When i am looking into equity statement, the difference in equity is explained by Utilization of Additional Reserve Fund (U/s 29C of the National Housing Bank Act, 1987) towards the provisions creation. Difference in provision creation via regular mode vs utilizing this fund is, there will not any trace of this utilization in P&L statement.
Assume a case where company chooses to create 10 crore provisions and it has final profit of 25 crore (excluding this provision) , usually companies will book this 10 crore under Impairment of financial instruments in P&L statement, so final profit will reduce by 7.5 crores(assumed tax at 25%) and the profit will be 17.5 crores. But if company chooses to use the amount from this reserve fund, In P&L statement, you will not see 10 crores under impairment and profit does not reduce will remain as 25 crores.

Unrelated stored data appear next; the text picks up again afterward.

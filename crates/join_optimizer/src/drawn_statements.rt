//! Statements of up to three places with statistics drawn by lot, the same at each run: what the tests try.
ghost use Rattle.std.specs.Prelude.{◌≤◌};

use plan_trees::Weights;
use row_values::{Operand, OutOfMemory, Pred, Query, Test};
use std::alloc::Global;
use worked_statements::{Numbers, Worked, at, statement, with_numbers};

/// What the numbers are drawn from: a linear congruential generator.
#[derive(Debug, Drop)]
struct Lot {
    state: u64,
}

impl Lot {
    /// A number from 1 to the limit.
    fn draw(&mut self, limit: u64) -> u64
        requires { 1 ≤ limit }
        ensures low { 1 ≤ result }
        ensures high { result ≤ limit }
    {
        self.state = self
            .state
            .wrapping_mul(6364136223846793005)
            .wrapping_add(1442695040888963407);
        (self.state >> 33) % limit + 1
    }
}

/// One of the statements that are tried: how many tables, joined in a ring or in a row, and whether the rows are
/// wanted in order, or in groups.
#[derive(Clone, Copy, Debug)]
pub(crate) struct Form {
    pub tables: u8,
    pub ring: bool,
    pub ordered: bool,
    pub grouped: bool,
}

/// The statement of this form, over the tables a, b and c of two columns.
fn query_of(alloc: Global, form: Form) -> Result<Option<Query>, OutOfMemory> {
    let columns = ["x", "y"];
    let tables = ["a", "b", "c"].map(|name| (name, columns.as_slice()));
    let equal = [
        (at(0, 0), at(1, 0)),
        (at(1, 1), at(2, 0)),
        (at(2, 1), at(0, 1)),
    ];
    let mut preds = Vec::new(alloc);
    preds.push(Pred {
        at: at(0, 0),
        test: Test::Lt(Operand::Param(0)),
    })?;
    let edges = match (form.tables, form.ring) {
        (1, _) => 0,
        (2, _) => 1,
        (_, false) => 2,
        (_, true) => 3,
    };
    let key = [at(form.tables.saturating_sub(1), 1)];
    let groups = usize::from(form.grouped);
    let order = usize::from(form.ordered);
    let count = usize::from(form.tables.min(3));
    statement(
        alloc,
        &tables[..count],
        preds,
        &equal[..edges],
        &key[..groups],
        &key[..order],
    )
}

/// Weights from 1 to 9.
fn weights(lot: &mut Lot) -> Weights {
    Weights {
        row: lot.draw(9) as u16,
        fetch: lot.draw(9) as u16,
        probe: lot.draw(9) as u16,
        hash: lot.draw(9) as u16,
        sort: lot.draw(9) as u16,
        out: lot.draw(9) as u16,
    }
}

/// The statement of this form with statistics that are drawn by this seed, and what its predicate leaves.
pub(crate) fn drawn(
    alloc: Global,
    form: Form,
    seed: u64,
) -> Result<Option<(Worked, u64)>, OutOfMemory> {
    let mut lot = Lot { state: seed };
    let Some(query) = query_of(alloc, form)? else {
        return Ok(None);
    };
    let count = usize::from(form.tables.min(3));
    let edges = query.edges().len().min(3);
    let rows = [lot.draw(1000), lot.draw(1000), lot.draw(1000)];
    let fixed = [lot.draw(rows[0]), lot.draw(rows[1]), lot.draw(rows[2])];
    let distinct = [lot.draw(1000), lot.draw(1000), lot.draw(1000)];
    let fans = [
        lot.draw(rows[0]),
        lot.draw(rows[0]),
        lot.draw(rows[1]),
        lot.draw(rows[1]),
        lot.draw(rows[2]),
        lot.draw(rows[2]),
    ];
    let masks = [lot.draw(4) - 1, lot.draw(4) - 1, lot.draw(4) - 1];
    let numbers = Numbers {
        rows: &rows[..count],
        fixed: &fixed[..count],
        matching: &[1],
        distinct: &distinct[..edges],
        fans: &fans[..2 * count],
        masks: &masks[..count],
        weights: weights(&mut lot),
    };
    let left = lot.draw(rows[0]);
    let Some(worked) = with_numbers(alloc, query, numbers)? else {
        return Ok(None);
    };
    Ok(Some((worked, left)))
}
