//! The plan of least cost, by dynamic programming over sets of places.
//!
//! The sets are searched in rising order. Of each the cheapest plan is kept, and the cheapest in the wanted order:
//! by an access, by a step over a smaller set, by a hash join of two parts, or by a sort. That none costs less
//! follows from the lower-bound law: what is kept is feasible, and each cost is reached.
#![tactic(auto)]

mod found;
mod hash_joins;
mod last_places;
mod optimizer;
mod potentials;
mod search;
mod sorts;
mod tops;

pub use optimizer::{Optimizer, optimise};

#[cfg(test)]
mod drawn_statements;
#[cfg(test)]
mod plain_search;
#[cfg(test)]
mod tests;
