//! The cheapest plans found so far, and what takes their place.
//!
//! Each call keeps the best so far unless the new plan costs less; only then is memory taken. Plans of fewer places
//! are shared by `Rc`.
ghost use Rattle.std.specs.Prelude.{◌≡◌, ◌<◌, ◌+◌, ◌^◌, IfOk, IfSome, true};
ghost use Rattle.plan_trees.specs.Trees.{Join, HashJoin, Sort, Base, tree};
ghost use Rattle.join_optimizer.specs.Found.{accessed, cheaper, cost_of, is_less, joined, ordered, priced, seen, stepped as with_step};

use plan_trees::{Access, Plan, StepKind, is_sorted, is_sorted_access};
use row_values::{OutOfMemory, Query};
use std::alloc::Global;
use std::rc::Rc;

/// A plan that was found, with its cost.
#[derive(Debug, Drop)]
pub(crate) struct Found {
    pub plan: Rc<Plan>,
    pub cost: u128,
}

/// What the search knows of a set of places: the cheapest plan, and the cheapest in the wanted order.
#[derive(Debug, Drop)]
pub(crate) struct Cheapest {
    pub any: Option<Found>,
    pub sorted: Option<Found>,
}

/// Whether a plan of this cost is cheaper than the best so far.
fn improves(best: &Option<Found>, cost: u128) -> bool
    ensures { result ≡ is_less cost (cost_of (seen best.now)) }
{
    match best {
        None => true,
        Some(found) => cost < found.cost,
    }
}

/// The plan with one more step over it.
pub(crate) fn stepped(
    alloc: Global,
    plan: &Rc<Plan>,
    step: StepKind,
) -> Result<Rc<Plan>, OutOfMemory>
    ensures { IfOk result (λ above. tree above.value ≡ Join (tree plan.now.value) step) }
{
    let outer = plan.clone()?;
    match step {
        StepKind::Loop(access) => Ok(Rc::new(alloc, Plan::Loop(outer, access))?),
        StepKind::Probe(place, edge) => Ok(Rc::new(alloc, Plan::Probe(outer, place, edge))?),
    }
}

/// The cheaper of the best so far and the access.
pub(crate) fn take_access(
    alloc: Global,
    access: Access,
    cost: u128,
    best: Option<Found>,
) -> Result<Option<Found>, OutOfMemory>
    ensures { IfOk result (λ after. seen after ≡ cheaper (seen best) (priced (Base access) cost)) }
{
    if !improves(&best, cost) {
        return Ok(best);
    }
    let plan = Rc::new(alloc, Plan::Base(access))?;
    Ok(Some(Found { plan, cost }))
}

/// The cheaper of the best so far and the access, if it gives the wanted order.
pub(crate) fn take_sorted_access(
    alloc: Global,
    q: &Query,
    access: Access,
    cost: u128,
    best: Option<Found>,
) -> Result<Option<Found>, OutOfMemory>
    ensures { IfOk result (λ after. seen after ≡ cheaper (seen best) (accessed q.now access cost true)) }
{
    if !is_sorted_access(q, access) {
        return Ok(best);
    }
    let after = take_access(alloc, access, cost, best)?;
    Ok(after)
}

/// The cheaper of the best so far and the outer plan with a step over it.
pub(crate) fn take_step(
    alloc: Global,
    outer: &Option<Found>,
    step: StepKind,
    cost: u128,
    best: Option<Found>,
) -> Result<Option<Found>, OutOfMemory>
    requires { IfSome outer.now (λ found. found.cost + cost < 2 ^ 128) }
    ensures { IfOk result (λ after. seen after
        ≡ cheaper (seen best) (with_step step cost (seen outer.now))) }
{
    let Some(below) = outer else {
        return Ok(best);
    };
    let total = below.cost + cost;
    if !improves(&best, total) {
        return Ok(best);
    }
    let plan = stepped(alloc, &below.plan, step)?;
    Ok(Some(Found { plan, cost: total }))
}

/// The cheaper of the best so far and the hash join of the two plans.
pub(crate) fn take_hash_join(
    alloc: Global,
    outer: &Option<Found>,
    inner: &Option<Found>,
    edge: u8,
    cost: u128,
    best: Option<Found>,
) -> Result<Option<Found>, OutOfMemory>
    requires { IfSome outer.now (λ left. IfSome inner.now (λ right. left.cost + right.cost + cost < 2 ^ 128)) }
    ensures { IfOk result (λ after. seen after
        ≡ cheaper (seen best) (joined edge cost (seen outer.now) (seen inner.now))) }
{
    let Some(left) = outer else {
        return Ok(best);
    };
    let Some(right) = inner else {
        return Ok(best);
    };
    let total = left.cost + right.cost + cost;
    if !improves(&best, total) {
        return Ok(best);
    }
    let plan = Rc::new(
        alloc,
        Plan::Hash(left.plan.clone()?, right.plan.clone()?, edge),
    )?;
    Ok(Some(Found { plan, cost: total }))
}

/// The cheaper of the best so far and this plan as it is.
fn take_same(found: &Found, best: Option<Found>) -> Result<Option<Found>, OutOfMemory>
    ensures { IfOk result (λ after. seen after
        ≡ cheaper (seen best) (priced (tree found.now.plan.value) found.now.cost)) }
{
    let cost = found.cost;
    if !improves(&best, cost) {
        return Ok(best);
    }
    let plan = found.plan.clone()?;
    Ok(Some(Found { plan, cost }))
}

/// The cheaper of the best so far and this plan with a sort over it.
fn take_sort(
    alloc: Global,
    found: &Found,
    cost: u128,
    best: Option<Found>,
) -> Result<Option<Found>, OutOfMemory>
    requires { found.now.cost + cost < 2 ^ 128 }
    ensures { IfOk result (λ after. seen after
        ≡ cheaper (seen best) (priced (Sort (tree found.now.plan.value)) (found.now.cost + cost))) }
{
    let total = found.cost + cost;
    if !improves(&best, total) {
        return Ok(best);
    }
    let plan = Rc::new(alloc, Plan::Sort(found.plan.clone()?))?;
    Ok(Some(Found { plan, cost: total }))
}

/// The cheaper of the best so far and this plan in the wanted order: as it is, if it has that order, else sorted.
pub(crate) fn take_ordered(
    alloc: Global,
    q: &Query,
    any: &Option<Found>,
    cost: u128,
    best: Option<Found>,
) -> Result<Option<Found>, OutOfMemory>
    requires { IfSome any.now (λ found. found.cost + cost < 2 ^ 128) }
    ensures { IfOk result (λ after. seen after ≡ cheaper (seen best) (ordered q.now cost (seen any.now))) }
{
    let Some(found) = any else {
        return Ok(best);
    };
    if is_sorted(q, &found.plan) {
        let after = take_same(found, best)?;
        return Ok(after);
    }
    let after = take_sort(alloc, found, cost, best)?;
    Ok(after)
}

Now coming to this reserve fund, This is mandated by RBI to create this fund(i think it is 20% of profit) from every years profit before paying any dividend to shareholders. You will see all finance companies contributing to this fund every year from their reported profit. This fund will be used by companies in a worst case scenarios like covid, bad economic cycle.
But what’s happened in indiabulls is they create this fund in year 1 and they utilize this amount in year 2 itself and whatever they are creating in year 2 will be used in year 3. The pattern usually followed by all other companies and even in case of indiabulls before 2018 is they contribute every year, but they will use it rarely in one or two years, only in case of bad events.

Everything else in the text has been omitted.